Cell Durotaxis on Polyelectrolyte Multilayers with Photogenerated Gradients of Modulus

• Published in: Biomacromolecules Vol. 14; no. 5; pp. 1311 - 1320
• Main Authors: Martinez, Jessica S, Lehaf, Ali M, Schlenoff, Joseph B, Keller, Thomas C. S
• Format: Journal Article
• Language: English
• Published: Washington, DC American Chemical Society 13.05.2013
• Subjects: Acrylic Resins - chemistry; Animals; Aorta - cytology; Aorta - drug effects; Applied sciences; Benzophenones - chemistry; Biocompatible Materials - chemistry; Biocompatible Materials - pharmacology; Biological properties; Cell Adhesion - drug effects; Cell Line, Tumor; Cell Movement - drug effects; Cytoskeleton - drug effects; Elastic Modulus; Exact sciences and technology; Humans; Myocytes, Smooth Muscle - cytology; Myocytes, Smooth Muscle - drug effects; Organic polymers; Physicochemistry of polymers; Polyamines - chemistry; Properties and characterization; Rats; Tissue Engineering; Tissue Scaffolds; Ultraviolet Rays; Self-assembled layer; Self assembly; Multiple layer; Mechanical properties; Crosslinking; Allylic amine polymer; Experimental study; Cell orientation; Polyelectrolyte; Cell motility; Functionnally graded material; Acrylic acid polymer; Cell adhesion; Crosslinked polymer; Longitudinal distribution; Manufacturing; Interface reaction
• ISSN: 1525-7797; 1526-4602
• DOI: 10.1021/bm301863a

Behaviors of rat aortic smooth muscle (A7r5) and human osteosarcoma (U2OS) cells on photo-cross-linked polyelectrolyte multilayers (PEMUs) with uniform, or gradients of, moduli were investigated.
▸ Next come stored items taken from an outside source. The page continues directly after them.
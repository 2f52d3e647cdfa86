//! The rows of a table behind its header.
ghost use Rattle.std.specs.Prelude.{◌≡◌, ℕ, List, [], Option, IsNone};
ghost use Rattle.csv.specs.Records.{fields_of, partial_of};
ghost use Rattle.phone_csv.specs.RecordReports.{WritesRows, WritesSomeRows};
ghost use Rattle.phone_csv.specs.Runs.{OfRead};
ghost use Rattle.phone_device.specs.Passing.{IsAtEnd};
ghost use Rattle.phone_lines.specs.Ends.{seen};
ghost use Rattle.phone_table.specs.Ends.{Ends};
ghost use Rattle.phone_table.specs.Tables.{IsHeader};

use crate::names::{HeaderError, write_header};
use csv::ByteRecord;
use phone_csv::{Answers, First, RunError, answer_records, format_after};
use phone_device::{ByteSink, ByteSource};
use std::alloc::Global;

/// Writes a header that was read with these names behind it, and then the records that
/// follow it, each with its answer, unless it is left out. Begins with a byte-order mark where the
/// table does, and ends each record as the header ends. Refused as `answer_records` refuses; where
/// memory is refused for the header nothing is written.
pub(crate) fn write_rows<A: Answers, S: ByteSource, W: ByteSink>(
    alloc: Global,
    answers: &mut A,
    delimiter: u8,
    first: First,
    added: &ByteRecord,
    source: &mut S,
    sink: &mut W,
) -> Result<(), RunError>
    requires partial { partial_of first.fields ≡ [] }
    requires end { IsNone first.rest → IsAtEnd (S.to_come source.old) }
    ensures ends { (before : Option (List ℕ)) → OfRead before (S.to_come source.old) (λ bytes.
        IsHeader delimiter (fields_of first.fields) first.rest first.has_mark bytes) →
        Ends (fields_of first.fields) (fields_of added.now)
        (λ format. WritesRows A.gives format answers.old answers.new)
        (λ format. WritesSomeRows A.gives format answers.old) (A.refuses answers.new) delimiter
        (seen before (S.faults source.old) (W.taken sink.old)
        (W.faults sink.old) (W.unflushed sink.old))
        (seen (S.to_come source.new) (S.faults source.new) (W.taken sink.new)
        (W.faults sink.new) (W.unflushed sink.new))
        result }
{
    let First {
        fields,
        rest,
        has_mark,
    } = first;
    let format = format_after(delimiter, rest);
    match write_header(alloc, format, has_mark, fields, added, sink) {
        Ok(()) => {}
        Err(HeaderError::Output) => return Err(RunError::Output),
        Err(HeaderError::Memory) => return Err(RunError::Memory),
    }
    match rest {
        Some(start) => answer_records(alloc, answers, format, start, source, sink),
        None => match sink.flush() {
            Ok(()) => Ok(()),
            Err(_) => Err(RunError::Output),
        },
    }
}
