//! The run over a table with the columns of duplicates.
ghost use Rattle.std.specs.Prelude.{◌≡◌, ◌++◌, ℕ, List, [], Err, IfErr, IfOk, IfSome, IsNone, OnOk};
ghost use Rattle.std.specs.Prelude.{Bool, Option, None, Ok, true};
ghost use Rattle.csv.specs.Records.{fields_of, partial_of};
ghost use Rattle.phone_csv.specs.Formats.{Record, format_after, state_of};
ghost use Rattle.phone_csv.specs.RecordReports.{IsReport, WritesRows, WritesSomeRows};
ghost use Rattle.phone_csv.specs.Runs.{OfRead};
ghost use Rattle.phone_device.specs.Passing.{IsAtEnd};
ghost use Rattle.phone_lines.specs.Ends.{seen};
ghost use Rattle.phone_table.specs.Summaries.{IsEmpty};
ghost use Rattle.phone_table.specs.Answers.{IsOfOtherWidth};
ghost use Rattle.phone_table.specs.Counts.{no_counts};
ghost use Rattle.phone_table.specs.Ends.{Ends};
ghost use Rattle.phone_table.specs.Held.{holds};
ghost use Rattle.phone_table.specs.Runs.{RowsEnd, names_in};
ghost use Rattle.phone_table.specs.Tables.{IsHeader};

use crate::duplicates::marked_text;
use crate::holder::{Holder, Nowhere};
use crate::names::header_text;
use crate::summed::{Totals, told_whole};
use crate::table::Table;
use crate::unknown::UnknownNames;
use csv::ByteRecord;
use phone_csv::{First, RunError, Start, answer_records, format_after};
use phone_device::{ByteSink, ByteSource, write_out};
use std::alloc::Global;

/// Reads and answers the records behind a header, and keeps them. Refused as `answer_records`
/// refuses, but that nothing is written.
fn hold_all<S: ByteSource>(
    alloc: Global,
    holder: &mut Holder<'_>,
    delimiter: u8,
    rest: Option<Start>,
    source: &mut S,
) -> Result<(), RunError>
    requires end { IsNone rest → IsAtEnd (S.to_come source.old) }
    ensures none { IsNone rest → (holder.new ≡ holder.old) × (source.new ≡ source.old) ×
        (result ≡ Ok tt) }
    ensures end { OnOk result (IsAtEnd (S.to_come source.new)) }
    ensures no_fault { OnOk result (S.faults source.new ≡ S.faults source.old) }
    ensures read { IfSome rest (λ start. OnOk result (OfRead (S.to_come source.old)
        (S.to_come source.new) (λ bytes. (text : List ℕ) ×
        IsReport (WritesRows holds (format_after delimiter (state_of start.place)) holder.old
        holder.new) delimiter (state_of start.place) bytes text))) }
    ensures broken_off { IfErr result (λ e. (before : Option (List ℕ)) (header added : Record)
        (has_mark : Bool) → OfRead before (S.to_come source.old) (λ bytes.
        IsHeader delimiter header rest has_mark bytes) → (unflushed : ℕ) ×
        Ends header added (λ format. WritesRows holds format holder.old holder.new)
        (λ format. WritesSomeRows holds format holder.old)
        (IsOfOtherWidth holder.new.table.columns holder.new.table.asked) delimiter
        (seen before (S.faults source.old) None 0 0)
        (seen (S.to_come source.new) (S.faults source.new) None 0 unflushed) (Err e)) }
{
    match rest {
        Some(start) => {
            let format = format_after(delimiter, rest);
            answer_records(alloc, holder, format, start, source, &mut Nowhere::new())
        }
        None => Ok(()),
    }
}

/// Writes a table whose header was read: that with these names behind its own, and all records,
/// each with what the columns of duplicates tell of it. Nothing is written before all is read and
/// answered, so nothing where that breaks off, by `Input`, `Record`, `Quote` or `Memory`; refused
/// by `Output` where the sink fails: then a beginning is written. Where all is written, `unknown`
/// is then the texts that name no region.
pub(crate) fn write_marked<S: ByteSource, W: ByteSink>(
    alloc: Global,
    table: Table<'_>,
    first: First,
    added: &ByteRecord,
    source: &mut S,
    sink: &mut W,
    unknown: &mut UnknownNames,
) -> Result<Totals, RunError>
    requires partial { partial_of first.fields ≡ [] }
    requires end { IsNone first.rest → IsAtEnd (S.to_come source.old) }
    requires marked { table.asked.tells_duplicates ≡ true }
    requires added { fields_of added.now ≡ names_in table.asked }
    requires counts { table.counts ≡ no_counts }
    requires summary { IsEmpty table.summary }
    ensures ends { (before : Option (List ℕ)) → OfRead before (S.to_come source.old) (λ bytes.
        IsHeader table.entry.asked.delimiter (fields_of first.fields) first.rest first.has_mark
        bytes) → RowsEnd table.entry.engine.rules table.entry.engine.database.now
        table.entry.engine.hint table.entry.columns table.entry.asked (fields_of first.fields)
        (seen before (S.faults source.old) (W.taken sink.old)
        (W.faults sink.old) (W.unflushed sink.old))
        (seen (S.to_come source.new) (S.faults source.new) (W.taken sink.new)
        (W.faults sink.new) (W.unflushed sink.new))
        result }
{
    let First {
        fields,
        rest,
        has_mark,
    } = first;
    let delimiter = table.asked.delimiter;
    let format = format_after(delimiter, rest);
    let Ok(front) = header_text(alloc, format, has_mark, fields, added) else {
        return Err(RunError::Memory);
    };
    let mut holder = Holder {
        table,
        held: Vec::new(alloc),
    };
    match hold_all(alloc, &mut holder, delimiter, rest, source) {
        Ok(()) => {}
        Err(error) => return Err(error),
    }
    let Ok(text) = marked_text(alloc, format, front, holder.held.as_slice()) else {
        return Err(RunError::Memory);
    };
    match write_out(sink, text.as_slice()) {
        Ok(()) => Ok(told_whole(holder.table, unknown)),
        Err(_) => Err(RunError::Output),
    }
}
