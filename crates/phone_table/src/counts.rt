//! How many records of a table were answered, and how, and how many aren't UTF-8.
ghost use Rattle.std.specs.Prelude.{◌≡◌, not, true, false};
ghost use Rattle.std.specs.Str.{is_utf8};
ghost use Rattle.csv.specs.Records.{fields_of};
ghost use Rattle.phone_table.specs.Counts.{counted_if, counts_after, counts_without, has_refusal};
ghost use Rattle.phone_table.specs.Counts.{first_after, is_invalid, is_junk, is_short, is_stray};
ghost use Rattle.phone_table.specs.Counts.{answer_field, no_counts, tells};

use crate::table::field_in;
use csv::ByteRecord;
use phone_answers::Field;

/// How many records of a table were answered, and how many of them not as a valid number of a
/// calling code: each at most 2^64 - 1.
#[derive(Clone, Copy, PartialEq, Eq, Debug)]
pub struct Counts {
    /// All of them.
    pub records: u64,
    /// Those that name no region that there is.
    pub unknown_region: u64,
    /// Those whose field of the number is empty, or white space alone.
    pub empty: u64,
    /// Those with another count of fields than the header.
    pub wrong_count: u64,
    /// Those in whose field no number was read.
    pub no_number: u64,
    /// Those whose number isn't valid.
    pub invalid: u64,
    /// Those whose number is a short number.
    pub short: u64,
    /// Those that are left out, since an earlier one has their number and extension.
    pub repeated: u64,
    /// Those that aren't UTF-8: one of their fields isn't.
    pub strays: u64,
    /// The number of the first of these, the header counted as 1.
    pub first_stray: Option<u64>,
}

impl Counts {
    /// None yet.
    pub fn new() -> Counts
        ensures { result ≡ no_counts }
    {
        Counts {
            records: 0,
            unknown_region: 0,
            empty: 0,
            wrong_count: 0,
            no_number: 0,
            invalid: 0,
            short: 0,
            repeated: 0,
            strays: 0,
            first_stray: None,
        }
    }

    /// The number of the first row that isn't UTF-8 after one more row.
    fn first_after(self, is_stray: bool) -> Option<u64>
        ensures { result ≡ first_after self is_stray }
    {
        if is_stray {
            let place = self.records.saturating_add(2);
            Some(self.first_stray.unwrap_or(place))
        } else {
            self.first_stray
        }
    }

    /// The counts after one more row, by the kind, the validity and the refusal of its answer; and
    /// whether it is UTF-8.
    fn after(self, row: &ByteRecord) -> Counts
        ensures { result ≡ counts_after self (fields_of row.now) }
    {
        let is_stray = is_stray(row);
        Counts {
            records: counted_if(true, self.records),
            unknown_region: counted_if(has_refusal(row, "unknown region"), self.unknown_region),
            empty: counted_if(has_refusal(row, "empty"), self.empty),
            wrong_count: counted_if(has_refusal(row, "wrong count of fields"), self.wrong_count),
            no_number: counted_if(is_junk(row), self.no_number),
            invalid: counted_if(is_invalid(row), self.invalid),
            short: counted_if(is_short(row), self.short),
            repeated: self.repeated,
            strays: counted_if(is_stray, self.strays),
            first_stray: self.first_after(is_stray),
        }
    }

    /// Counts one more row, which is written or not.
    pub(crate) fn count(&mut self, row: &ByteRecord, is_written: bool)
        ensures written { is_written ≡ true →
            self.new ≡ counts_after self.old (fields_of row.now) }
        ensures left_out { is_written ≡ false →
            self.new ≡ counts_without self.old (fields_of row.now) }
    {
        let repeated = counted_if(!is_written, self.repeated);
        let counts = self.after(row);
        *self = Counts { repeated, ..counts };
    }
}

/// Whether bytes are no UTF-8.
fn is_no_text(bytes: &[u8]) -> bool
    ensures { result ≡ not (is_utf8 bytes.now) }
{
    match std::str::from_utf8(bytes) {
        Ok(_) => false,
        Err(_) => true,
    }
}

/// Whether a row isn't UTF-8: one of its fields isn't.
fn is_stray(row: &ByteRecord) -> bool
    ensures { result ≡ is_stray (fields_of row.now) }
{
    'fields: for place in 0..row.len() {
        if is_no_text(field_in(row, place)) {
            return true;
        }
    }
    false
}

/// A count, and one more where this holds; 2^64 - 1 at most.
pub(crate) fn counted_if(holds: bool, count: u64) -> u64
    ensures { result ≡ counted_if holds count }
{
    if holds {
        count.saturating_add(1)
    } else {
        count
    }
}

/// The field of a row's answer.
pub(crate) fn answer_field(row: &ByteRecord, field: Field) -> &[u8]
    ensures { result.now ≡ answer_field (fields_of row.now) field }
{
    field_in(row, row.len().saturating_sub(field.from_end()))
}

/// Whether a field of a row's answer is this word.
fn tells(row: &ByteRecord, field: Field, word: &str) -> bool
    ensures { result ≡ tells (fields_of row.now) field word.now }
{
    answer_field(row, field) == word.as_bytes()
}

/// Whether a row is refused with these words.
pub(crate) fn has_refusal(row: &ByteRecord, words: &str) -> bool
    ensures { result ≡ has_refusal words.now (fields_of row.now) }
{
    tells(row, Field::Refusal, words)
}

/// Whether a row is refused since no number was read.
fn is_junk(row: &ByteRecord) -> bool
    ensures { result ≡ is_junk (fields_of row.now) }
{
    !has_refusal(row, "")
        && !has_refusal(row, "unknown region")
        && !has_refusal(row, "empty")
        && !has_refusal(row, "wrong count of fields")
}

/// Whether a row's number isn't valid.
fn is_invalid(row: &ByteRecord) -> bool
    ensures { result ≡ is_invalid (fields_of row.now) }
{
    tells(row, Field::Validity, "invalid")
}

/// Whether a row's number is a short number.
fn is_short(row: &ByteRecord) -> bool
    ensures { result ≡ is_short (fields_of row.now) }
{
    tells(row, Field::Kind, "Emergency") || tells(row, Field::Kind, "ShortNumber")
}
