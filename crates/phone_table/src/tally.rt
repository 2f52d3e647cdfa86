//! How often texts were counted.
ghost use Rattle.std.specs.Prelude.{◌≡◌, ◌∷◌, [], IfOk, OnOk};
ghost use Rattle.phone_table.specs.Summaries.{texts_in, words};
ghost use Rattle.phone_table.specs.Tallies.{Counts, CountsMore, CountsOnce, IsPut, times};

use std::alloc::{AllocError, Global};
use std::collections::BTreeMap;

/// How often each of some texts was counted, in the order of their bytes.
pub type Tally = BTreeMap<String, u64>;

/// How often a text was counted.
pub fn times(tally: &Tally, text: &str) -> u64
    ensures { result ≡ times tally.now text.now }
{
    tally.get(text).copied().unwrap_or(0)
}

/// Gives a text this count. Refused only for memory.
fn put(tally: &mut Tally, alloc: Global, text: &str, count: u64) -> Result<(), AllocError>
    ensures { OnOk result (IsPut tally.old text.now count tally.new) }
{
    let key = String::from_str(alloc, text)?;
    tally.insert(key, count)?;
    Ok(())
}

/// Counts a text once more; a count stays at 2^64 - 1. Refused only for memory.
pub fn add(tally: &mut Tally, alloc: Global, text: &str) -> Result<(), AllocError>
    ensures { OnOk result (CountsOnce tally.old text.now tally.new) }
{
    let next = times(tally, text).saturating_add(1);
    put(tally, alloc, text, next)
}

/// Counts a text that isn't empty. Refused only for memory.
fn add_if_any(tally: &mut Tally, alloc: Global, text: &str) -> Result<(), AllocError>
    ensures { OnOk result (Counts tally.old text.now tally.new) }
{
    if text.is_empty() {
        return Ok(());
    }
    add(tally, alloc, text)
}

/// Counts a text that isn't empty; bytes that are no UTF-8 are none. Refused only for memory.
pub(crate) fn add_bytes(tally: &mut Tally, alloc: Global, bytes: &[u8]) -> Result<(), AllocError>
    ensures { OnOk result (CountsMore tally.old (bytes.now ∷ []) tally.new) }
{
    match std::str::from_utf8(bytes) {
        Ok(text) => add_if_any(tally, alloc, text),
        Err(_) => Ok(()),
    }
}

/// The words of a text, parted by spaces. Refused only for memory.
fn words_in<'a>(alloc: Global, text: &'a [u8]) -> Result<Vec<&'a [u8]>, AllocError>
    ensures { IfOk result (λ v. texts_in v.items ≡ words text.now) }
{
    text.split(|byte| *byte == b' ').collect(alloc)
}

/// Counts each of some texts. Refused only for memory.
fn add_each(tally: &mut Tally, alloc: Global, texts: &[&[u8]]) -> Result<(), AllocError>
    ensures { OnOk result (CountsMore tally.old (texts_in texts.now) tally.new) }
{
    for text in texts {
        add_bytes(tally, alloc, *text)?;
    }
    Ok(())
}

/// Counts each word of a text. Refused only for memory.
pub(crate) fn add_words(tally: &mut Tally, alloc: Global, text: &[u8]) -> Result<(), AllocError>
    ensures { OnOk result (CountsMore tally.old (words text.now) tally.new) }
{
    let words = words_in(alloc, text)?;
    add_each(tally, alloc, words.as_slice())
}
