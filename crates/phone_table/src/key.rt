//! The key of a record that was answered.
ghost use Rattle.std.specs.Prelude.{◌≡◌, ◌++◌, ◌⊎◌, ◌<◌, [], length, get_or};
ghost use Rattle.csv.specs.Records.{fields_of};
ghost use Rattle.phone_csv.specs.Formats.{Record};
ghost use Rattle.phone_answers.specs.Fields.{names};

use crate::table::field_in;
use csv::ByteRecord;
use phone_answers::ANSWER_WIDTH;

/// The E.164 text of a record that has an answer after its own fields, or of the header: the first
/// field of the answer. Empty where the record has fewer fields than an answer.
pub fn e164_of(fields: &ByteRecord) -> &[u8]
    ensures answered { (own answer : Record) → length answer ≡ length names →
        fields_of fields.now ≡ own ++ answer → result.now ≡ get_or answer 0 [] }
    ensures short { length (fields_of fields.now) < length names → result.now ≡ [] }
{
    match fields.len().checked_sub(ANSWER_WIDTH) {
        Some(place) => field_in(fields, place),
        None => &[],
    }
}
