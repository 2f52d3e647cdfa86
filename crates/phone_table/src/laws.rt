//! What holds of answers. These functions do nothing, but for those that read a text to show that
//! it has an answer; their contracts are the statements.
ghost use Rattle.std.specs.Prelude.{◌≡◌, ◌⊎◌, ◌+◌, ℕ, List, None, Option, Some, false};
ghost use Rattle.std.specs.Prelude.{slice_get, true};
ghost use Rattle.std.specs.List.{Contains};
ghost use Rattle.csv.specs.Records.{fields_of};
ghost use Rattle.phone_values.specs.declared.country.Id.{Id};
ghost use Rattle.phone_values.specs.declared.reading.Reading.{Reading};
ghost use Rattle.phone_csv.specs.Formats.{Record};
ghost use Rattle.phone_csv.specs.RecordReports.{IsReport};
ghost use Rattle.phone_values.specs.declared.rules.Rules.{Rules};
ghost use Rattle.phone_records.specs.declared.loader.Metadata as loader;
ghost use Rattle.phone_table.specs.Answered.{Answered};
ghost use Rattle.phone_table.specs.Answers.{IsAnswer, IsAnswerOf, IsOfOtherWidth};
ghost use Rattle.phone_table.specs.Answers.{IsOwnAnswer, IsUnder};
ghost use Rattle.phone_table.specs.Duplicates.{NamesFirst, duplicate_of, shared_of};
ghost use Rattle.phone_answers.specs.Extras.{EachHasOneText, ask_fields};
ghost use Rattle.phone_table.specs.Ends.{by};
ghost use Rattle.phone_table.specs.Rows.{AreKept, IsHeldBy};
ghost use Rattle.phone_table.specs.Runs.{WritesTable, names_in};
ghost use Rattle.phone_table.specs.declared.counts.Counts.{Counts};
ghost use Rattle.phone_table.specs.Tables.{IsReadAgain, IsTable};
ghost use Rattle.phone_table.specs.declared.header.Columns as header;
ghost use Rattle.phone_table.specs.declared.run.Asked as run;
ghost use Rattle.phone_table.specs.declared.summed.Totals.{Totals};

use crate::header::Columns;
use crate::region::region_text;
use crate::run::Asked;
use crate::table::field_in;
use csv::ByteRecord;
use phone_answers::laws::some_answer;

/// By either rules a record is read under one hint, if it is, and has one answer at most: its
/// fields, which are of one number or of none, and, where in the table of each column that is asked
/// for a prefix has one text, what these columns tell.
pub fn one_row()
    ensures under { (db : List loader.Metadata) (hint : Option Id) (columns : header.Columns)
        (asked : run.Asked) (fields : Record) (u v : Option (Option Id)) →
        IsUnder db hint columns asked fields u → IsUnder db hint columns asked fields v → u ≡ v }
    ensures own { (rules : Rules) (db : List loader.Metadata) (columns : header.Columns)
        (asked : run.Asked) (fields : Record) (under : Option (Option Id))
        (n k : Option Reading) (a b : Record) →
        IsOwnAnswer rules db columns asked fields under n a →
        IsOwnAnswer rules db columns asked fields under k b → (n ≡ k) × (a ≡ b) }
    ensures whole { (rules : Rules) (db : List loader.Metadata) (hint : Option Id)
        (columns : header.Columns) (asked : run.Asked) (fields a b : Record) →
        EachHasOneText asked.extra.now → IsAnswer rules db hint columns asked fields a →
        IsAnswer rules db hint columns asked fields b → a ≡ b }
{}

/// By either rules each record has an answer, under each database and hint, but for one that has
/// another count of fields than the table has columns, where such aren't marked. This is told of
/// tables without a column of what is suspicious, or of one of two numbers.
pub fn some_row(columns: Columns, asked: Asked<'_>, fields: &ByteRecord)
    ensures { (rules : Rules) (db : List loader.Metadata) (hint : Option Id) →
        ask_fields asked.entry.extra.now ≡ false → ((answer : Record) ×
        IsAnswer rules db hint columns asked.entry (fields_of fields.now) answer) ⊎
        IsOfOtherWidth columns asked.entry (fields_of fields.now) }
{
    let _text = region_text(columns, fields);
    some_answer(field_in(fields, columns.number));
}

/// What a run writes for a whole table with commas, read again, is the byte-order mark that the
/// table begins with, if it does, the header with the added names, and the rows that are written
/// of the table's records, each with its answer.
pub fn read_again()
    ensures { (rules : Rules) (db : List loader.Metadata) (hint : Option Id)
        (columns : header.Columns) (asked : run.Asked) (totals : Totals) (header : Record)
        (bytes text : List ℕ) →
        IsTable header (names_in asked)
        (by IsReport (WritesTable rules db hint columns asked totals)) 44 bytes text →
        IsReadAgain (IsAnswerOf rules db hint columns asked) asked.tells_duplicates
        asked.is_unique totals.counts header (names_in asked) bytes text }
{}

/// A record whose `duplicate_of` has a number names an earlier one with its key, which names no
/// other; and of the records with one key only one names no other.
pub fn one_first()
    ensures named { (all : List Answered) (place first : ℕ) (a : Answered) →
        slice_get all place ≡ Some a → duplicate_of (shared_of all a) (place + 2) ≡ Some first →
        NamesFirst all a place first }
    ensures one { (all : List Answered) (key : List ℕ) (p q : ℕ) (a b : Answered) →
        slice_get all p ≡ Some a → slice_get all q ≡ Some b → a.key ≡ Some key →
        b.key ≡ Some key → duplicate_of (shared_of all a) (p + 2) ≡ None →
        duplicate_of (shared_of all b) (q + 2) ≡ None → p ≡ q }
{}

/// Where each number is kept once, no record is lost: its row is written, or that of another one
/// with its key.
pub fn none_lost()
    ensures { (all : List Answered) (rows : List Record) (counts : Counts) →
        AreKept true all rows counts → (a : Answered) → Contains all a → IsHeldBy all rows a }
{}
The PEMUs were built layer-by-layer with the polycation poly(allylamine hydrochloride) (PAH) and a polyanion poly(acrylic acid) (PAA) that was modified with photoreactive 4-(2-hydroxyethoxy) benzophenone (PAABp). PEMUs with different uniform and gradients of modulus were generated by varying the time of uniform ultraviolet light exposure and by exposure through optical density gradient filters. Analysis of adhesion, morphology, cytoskeletal organization, and motility of the cells on the PEMUs revealed that A7r5 cells established a polarized orientation toward increasing modulus on shallow modulus gradients (approximately 4.7 MPa mm–1) and durotaxed toward stiffer regions on steeper gradients (approximately 55 MPa mm–1). In contrast, U2OS cells exhibited little orientation or durotaxis on modulus gradients. These results demonstrate the utility of photo-cross-linked PEMUs to direct vascular and osteoblast cell behavior, a potential application for PEMU coatings on biomedical implants.